EXERCISE INSTRUCTIONS: Beneath this line are the data; copy exactly the part of them that opens with the line containing "use crate::parsing::LONGEST_TEXT;" and closes with the line containing "that was read", and only that part.

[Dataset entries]

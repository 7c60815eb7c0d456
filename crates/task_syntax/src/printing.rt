ghost use Rattle.std.specs.Prelude.{◌≡◌, ◌≤◌, ◌<◌, ℕ, List, [], ◌∷◌, length, IfOk, IfErr, IsErrOf};
ghost use Rattle.std.specs.List.{flat_map};
ghost use Rattle.task_tokens.specs.declared.kinds.TokenKind.TheVariants.{Ident, Keyword, Numeral, Infix, Mark};
ghost use Rattle.task_syntax.specs.Printed.{operand_kinds, expr_kinds, let_kinds, further_kinds, argument_kinds, parameter_kinds, call_end, send_kinds, given_kinds, use_kinds, next_kinds, end_kinds, block_kinds, thread_line, printed};
ghost use Rattle.task_syntax.specs.PrintSteps.{Adds, Prints};
ghost use Rattle.task_syntax.specs.PrintedBack.{ReadsBack};
ghost use Rattle.task_tree.specs.declared.tree.Program.{Program};
ghost use Rattle.task_tree.specs.Equal.{EqualProgram};

use crate::error::PrintError;
use crate::parsing::LONGEST_TEXT;
use std::alloc::Global;
use std::marker::Model;
use task_tokens::{Operator, Sign, Word};
use task_tree::{Argument, Block, End, Expr, Given, Let, Name, Program, Thread, Use};

/// A program's text in one form: each thread on a line that ends with LF, one blank between any two
/// tokens, in parentheses each operand that is itself an operation and nothing else, numbers in
/// decimal without leading zeros. An empty program is the empty text. `TooLong` comes exactly where
/// that text is over 65,536 bytes, LFs among them, and memory suffices; `Memory` only when out of
/// memory. What no text has, as a number below 0, is written as it stands. A program that was read
/// is printed as a text that is read as the same program but for offsets.
pub fn print(alloc: Global, program: &Program) -> Result<Vec<u8>, PrintError>
    ensures written { IfOk result (λ v. v.items ≡ printed program.now) }
    ensures short { IfOk result (λ v. length v.items ≤ 65536) }
    ensures too_long { IsErrOf result PrintError.TooLong → 65536 < length (printed program.now) }
    ensures reads_back { IfOk result (λ v. ReadsBack program.now v.items) }
{
    let mut out = Output::new(alloc);
    print_threads(&mut out, program.threads.as_slice());
    out.finish()
}

/// Programs that are the same but for where their parts lie in memory are printed alike. Does
/// nothing.
pub fn equal_programs_print_alike()
    ensures { (p q : Program) → EqualProgram p q → printed p ≡ printed q }
{}

/// Printed text, of at most `LONGEST_TEXT` bytes. Once it would be longer, or there is no memory,
/// nothing more is written. Contracts see its bytes, or why there are none.
#[derive(Drop)]
struct Output {
    alloc: Global,
    text: Vec<u8>,
    refused: Option<PrintError>,
}

impl Model for Output {
    ghost use Rattle.task_syntax.specs.PrintSteps.{Text, text_of};

    ghost Value = { Text };

    ghost view = { λ o. text_of o.refused o.text.items };

    ghost use Rattle.std.specs.Prelude.{◌≤◌, length};

    ghost invariant = { λ o. length o.text.items ≤ 65536 };
}

impl Output {
    fn new(alloc: Global) -> Output
        ensures { result ≡ Ok [] }
    {
        Output {
            alloc,
            text: Vec::new(alloc),
            refused: None,
        }
    }

    fn finish(self) -> Result<Vec<u8>, PrintError>
        ensures text { IfOk result (λ v. self ≡ Ok v.items) }
        ensures short { IfOk result (λ v. length v.items ≤ 65536) }
        ensures refused { IfErr result (λ e. self ≡ Err e) }
    {
        match self.refused {
            None => Ok(self.text),
            Some(e) => Err(e),
        }
    }

    fn bytes(&mut self, bytes: &[u8])
        ensures { Adds self.old self.new bytes.now }
    {
        if self.refused.is_some() {
            return;
        }
        if bytes.len() > LONGEST_TEXT - self.text.len() {
            self.refused = Some(PrintError::TooLong);
        } else if self.text.extend_from_slice(bytes).is_err() {
            self.refused = Some(PrintError::Memory);
        }
    }

    /// A token behind another of its line.
    fn token(&mut self, bytes: &[u8])
        ensures { Adds self.old self.new (32 ∷ bytes.now) }
    {
        self.bytes(b" ");
        self.bytes(bytes);
    }

    fn word(&mut self, word: Word)
        ensures { Prints self.old self.new (Keyword word ∷ []) }
    {
        self.token(match word {
            Word::Thread => b"thread".as_slice(),
            Word::Let => b"let".as_slice(),
            Word::If => b"if".as_slice(),
            Word::Else => b"else".as_slice(),
            Word::Spawn => b"spawn".as_slice(),
            Word::SpawnNext => b"spawn_next".as_slice(),
            Word::SendArgument => b"send_argument".as_slice(),
        });
    }

    fn mark(&mut self, sign: Sign)
        ensures { Prints self.old self.new (Mark sign ∷ []) }
    {
        self.token(match sign {
            Sign::Open => b"(".as_slice(),
            Sign::Close => b")".as_slice(),
            Sign::OpenBrace => b"{".as_slice(),
            Sign::CloseBrace => b"}".as_slice(),
            Sign::Comma => b",".as_slice(),
            Sign::Semicolon => b";".as_slice(),
            Sign::Question => b"?".as_slice(),
            Sign::Assign => b"=".as_slice(),
        });
    }

    fn infix(&mut self, operator: Operator)
        ensures { Prints self.old self.new (Infix operator ∷ []) }
    {
        self.token(match operator {
            Operator::Or => b"|".as_slice(),
            Operator::Xor => b"^".as_slice(),
            Operator::And => b"&".as_slice(),
            Operator::Equal => b"==".as_slice(),
            Operator::NotEqual => b"!=".as_slice(),
            Operator::Less => b"<".as_slice(),
            Operator::AtMost => b"<=".as_slice(),
            Operator::ShiftLeft => b"<<".as_slice(),
            Operator::ShiftRight => b">>".as_slice(),
            Operator::Add => b"+".as_slice(),
            Operator::Subtract => b"-".as_slice(),
            Operator::Multiply => b"*".as_slice(),
            Operator::Divide => b"/".as_slice(),
            Operator::Remainder => b"%".as_slice(),
        });
    }

    fn name(&mut self, name: &Name)
        ensures { Prints self.old self.new (Ident name.now.text ∷ []) }
    {
        self.token(name.text.as_slice());
    }

    fn numeral(&mut self, n: i64)
        ensures { Prints self.old self.new (Numeral n ∷ []) }
    {
        match n.to_string(self.alloc) {
            Ok(digits) => self.token(digits.as_bytes()),
            Err(_) => self.refuse_memory(),
        }
    }

    /// Nothing more is written, unless that is so already.
    fn refuse_memory(&mut self)
        ensures { (more : List ℕ) → Adds self.old self.new more }
    {
        if self.refused.is_none() {
            self.refused = Some(PrintError::Memory);
        }
    }
}

/// An operand: in parentheses, if it is an operation.
fn print_operand(out: &mut Output, e: &Expr)
    ensures { Prints out.old out.new (operand_kinds e.now) }
{
    match e {
        Expr::Number(n) => out.numeral(*n),
        Expr::Variable(name) => out.name(name),
        Expr::Binary(operator, left, right) => {
            out.mark(Sign::Open);
            print_operand(out, left);
            out.infix(*operator);
            print_operand(out, right);
            out.mark(Sign::Close);
        }
    }
}

/// A whole expression, in no parentheses of its own.
fn print_expr(out: &mut Output, e: &Expr)
    ensures { Prints out.old out.new (expr_kinds e.now) }
{
    match e {
        Expr::Binary(operator, left, right) => {
            print_operand(out, left);
            out.infix(*operator);
            print_operand(out, right);
        }
        Expr::Number(n) => out.numeral(*n),
        Expr::Variable(name) => out.name(name),
    }
}

/// `let name = value ;`
fn print_let(out: &mut Output, bound: &Let)
    ensures { Prints out.old out.new (let_kinds bound.now) }
{
    out.word(Word::Let);
    out.name(&bound.name);
    out.mark(Sign::Assign);
    print_expr(out, &bound.value);
    out.mark(Sign::Semicolon);
}

/// `) ;`
fn close_call(out: &mut Output)
    ensures { Prints out.old out.new call_end }
{
    out.mark(Sign::Close);
    out.mark(Sign::Semicolon);
}

/// `send_argument ( hole , value ) ;`
fn print_send(out: &mut Output, hole: &Name, value: &Expr)
    ensures { Prints out.old out.new (send_kinds hole.now value.now) }
{
    out.word(Word::SendArgument);
    out.mark(Sign::Open);
    out.name(hole);
    out.mark(Sign::Comma);
    print_expr(out, value);
    close_call(out);
}

/// `, value` for each.
fn print_values(out: &mut Output, values: &[Expr])
    ensures { Prints out.old out.new (flat_map further_kinds values.now) }
{
    for value in values {
        out.mark(Sign::Comma);
        print_expr(out, value);
    }
}

/// `spawn thread ( hole {, value } ) ;`
fn print_spawn(out: &mut Output, thread: &Name, hole: &Name, values: &[Expr])
    ensures { Prints out.old out.new (given_kinds hole.now (Given.Spawned thread.now values.now)) }
{
    out.word(Word::Spawn);
    out.name(thread);
    out.mark(Sign::Open);
    out.name(hole);
    print_values(out, values);
    close_call(out);
}

fn print_use(out: &mut Output, used: &Use)
    ensures { Prints out.old out.new (use_kinds used.now) }
{
    match &used.given {
        Given::Sent(value) => print_send(out, &used.hole, value),
        Given::Spawned(thread, values) => print_spawn(out, thread, &used.hole, values.as_slice()),
    }
}

/// `, ? name`, or `, value`.
fn print_argument(out: &mut Output, argument: &Argument)
    ensures { Prints out.old out.new (argument_kinds argument.now) }
{
    out.mark(Sign::Comma);
    match argument {
        Argument::Value(value) => print_expr(out, value),
        Argument::Hole(name) => {
            out.mark(Sign::Question);
            out.name(name);
        }
    }
}

fn print_arguments(out: &mut Output, arguments: &[Argument])
    ensures { Prints out.old out.new (flat_map argument_kinds arguments.now) }
{
    for argument in arguments {
        print_argument(out, argument);
    }
}

/// `spawn_next thread ( continuation {, argument } ) ;`
fn print_next(out: &mut Output, thread: &Name, continuation: &Name, arguments: &[Argument])
    ensures { Prints out.old out.new (next_kinds thread.now continuation.now arguments.now) }
{
    out.word(Word::SpawnNext);
    out.name(thread);
    out.mark(Sign::Open);
    out.name(continuation);
    print_arguments(out, arguments);
    close_call(out);
}

fn print_lets(out: &mut Output, lets: &[Let])
    ensures { Prints out.old out.new (flat_map let_kinds lets.now) }
{
    for bound in lets {
        print_let(out, bound);
    }
}

fn print_uses(out: &mut Output, uses: &[Use])
    ensures { Prints out.old out.new (flat_map use_kinds uses.now) }
{
    for used in uses {
        print_use(out, used);
    }
}

/// How a block ends, between its lets and its closing brace.
#[cycle(block)]
fn print_end(out: &mut Output, end: &End)
    ensures { Prints out.old out.new (end_kinds end.now) }
{
    match end {
        End::If(condition, then, otherwise) => {
            out.word(Word::If);
            print_expr(out, condition);
            print_block(out, then);
            out.word(Word::Else);
            print_block(out, otherwise);
        }
        End::Send(hole, value) => print_send(out, hole, value),
        End::Next(thread, continuation, arguments, uses) => {
            print_next(out, thread, continuation, arguments.as_slice());
            print_uses(out, uses.as_slice());
        }
    }
}

/// `{ lets end }`
#[cycle(block)]
fn print_block(out: &mut Output, block: &Block)
    ensures { Prints out.old out.new (block_kinds block.now) }
{
    out.mark(Sign::OpenBrace);
    print_lets(out, block.lets.as_slice());
    print_end(out, &block.end);
    out.mark(Sign::CloseBrace);
}

/// `, name` for each.
fn print_numbers(out: &mut Output, numbers: &[Name])
    ensures { Prints out.old out.new (flat_map parameter_kinds numbers.now) }
{
    for number in numbers {
        out.mark(Sign::Comma);
        out.name(number);
    }
}

/// `thread name ( continuation {, name } ) block` and LF; the word stands first in its line.
fn print_thread(out: &mut Output, thread: &Thread)
    ensures { Adds out.old out.new (thread_line thread.now) }
{
    out.bytes(b"thread");
    out.name(&thread.name);
    out.mark(Sign::Open);
    out.name(&thread.continuation);
    print_numbers(out, thread.numbers.as_slice());
    out.mark(Sign::Close);
    print_block(out, &thread.body);
    out.bytes(b"\n");
}

fn print_threads(out: &mut Output, threads: &[Thread])
    ensures { Adds out.old out.new (flat_map thread_line threads.now) }
{
    for thread in threads {
        print_thread(out, thread);
    }
}
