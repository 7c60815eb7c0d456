ghost use Rattle.std.specs.Prelude.{◌≡◌};
ghost use Rattle.task_syntax.specs.declared.error.ParseError.TheVariants.{Memory};

use std::alloc::{AllocError, AllocFailed};
use thiserror::Error;

/// Why a text isn't read, with the byte offset in the text.
#[derive(Clone, Copy, Debug, PartialEq, Eq, Error)]
pub enum ParseError {
    /// E2: a token or byte that can't stand there; the text's length at its end.
    #[error("E{number} at {0}", number = self.number())]
    Unexpected(u32),
    /// E3: a text of more than 65,536 bytes, at 65,536; or a name of more than 31 bytes, at its
    /// start.
    #[error("E{number} at {0}", number = self.number())]
    TooLong(u32),
    /// E4: an open parenthesis inside 64 others of its expression; the `{` of a block 65 deep; an
    /// operator whose tree is over 64 levels, met once its right operand was read.
    #[error("E{number} at {0}", number = self.number())]
    TooDeepNest(u32),
    /// E5: a number over 9223372036854775807.
    #[error("E{number} at {0}", number = self.number())]
    NumberRange(u32),
    /// E6: the first byte over 7F.
    #[error("E{number} at {0}", number = self.number())]
    NotAscii(u32),
    /// E9: there is no memory.
    #[error("E{number}", number = self.number())]
    Memory,
}

impl From<AllocError> for ParseError {
    ghost from_gives = { λ _ e. e ≡ Memory };

    fn from(_e: AllocError) -> ParseError {
        ParseError::Memory
    }
}

impl<T: Drop> From<AllocFailed<T>> for ParseError {
    ghost from_gives = { λ _ e. e ≡ Memory };

    fn from(_e: AllocFailed<T>) -> ParseError {
        ParseError::Memory
    }
}

impl ParseError {
    ghost use Rattle.task_syntax.specs.Errors.{number_of_error};

    /// The number of the refusal: 2 to 6, or 9.
    pub fn number(&self) -> u8
        ensures { result ≡ number_of_error self.now }
    {
        match self {
            ParseError::Unexpected(_) => ids::error_numbers::UNEXPECTED,
            ParseError::TooLong(_) => ids::error_numbers::TOO_LONG,
            ParseError::TooDeepNest(_) => ids::error_numbers::TOO_DEEP_NEST,
            ParseError::NumberRange(_) => ids::error_numbers::NUMBER_RANGE,
            ParseError::NotAscii(_) => ids::error_numbers::NOT_ASCII,
            ParseError::Memory => ids::error_numbers::MEMORY,
        }
    }
}

/// Why a program isn't printed.
#[derive(Clone, Copy, Debug, PartialEq, Eq, Error)]
#[error("E{number}", number = self.number())]
pub enum PrintError {
    /// E3: the printed text would be over 65,536 bytes.
    TooLong,
    /// E9: there is no memory.
    Memory,
}

impl PrintError {
    ghost use Rattle.task_syntax.specs.Errors.{number_of_print_error};

    /// The number of the refusal: 3 or 9.
    pub fn number(&self) -> u8
        ensures { result ≡ number_of_print_error self.now }
    {
        match self {
            PrintError::TooLong => ids::error_numbers::TOO_LONG,
            PrintError::Memory => ids::error_numbers::MEMORY,
        }
    }
}
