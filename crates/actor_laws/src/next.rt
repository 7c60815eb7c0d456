//! What a member does with an Offer or a Result that comes now, and with a ready frame.
//!
//! An Offer of what agrees with the serial meaning, is kept as its holder keeps it, and is new to
//! the member is taken: it fits, since it is linked and its threads take its numbers
//! (`what_fits_is_taken`). A Result closes the record of its grant, if one is open
//! (`a_result_closes_its_record`). A ready frame is carried out by one call
//! (`a_ready_frame_is_carried_out`). That what comes agrees and is new follows from the whole run.

mod laws;

pub use laws::{a_ready_frame_is_carried_out, a_result_closes_its_record, what_fits_is_taken};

RESPONSE BOX:
use crate::parsing::LONGEST_TEXT;
use std::alloc::Global;
use std::marker::Model;
use task_tokens::{Operator, Sign, Word};
use task_tree::{Argument, Block, End, Expr, Given, Let, Name, Program, Thread, Use};

/// A program's text in one form: each thread on a line that ends with LF, one blank between any two
/// tokens, in parentheses each operand that is itself an operation and nothing else, numbers in
/// decimal without leading zeros. An empty program is the empty text. `TooLong` comes exactly where
/// that text is over 65,536 bytes, LFs among them, and memory suffices; `Memory` only when out of
/// memory. What no text has, as a number below 0, is written as it stands. A program that was read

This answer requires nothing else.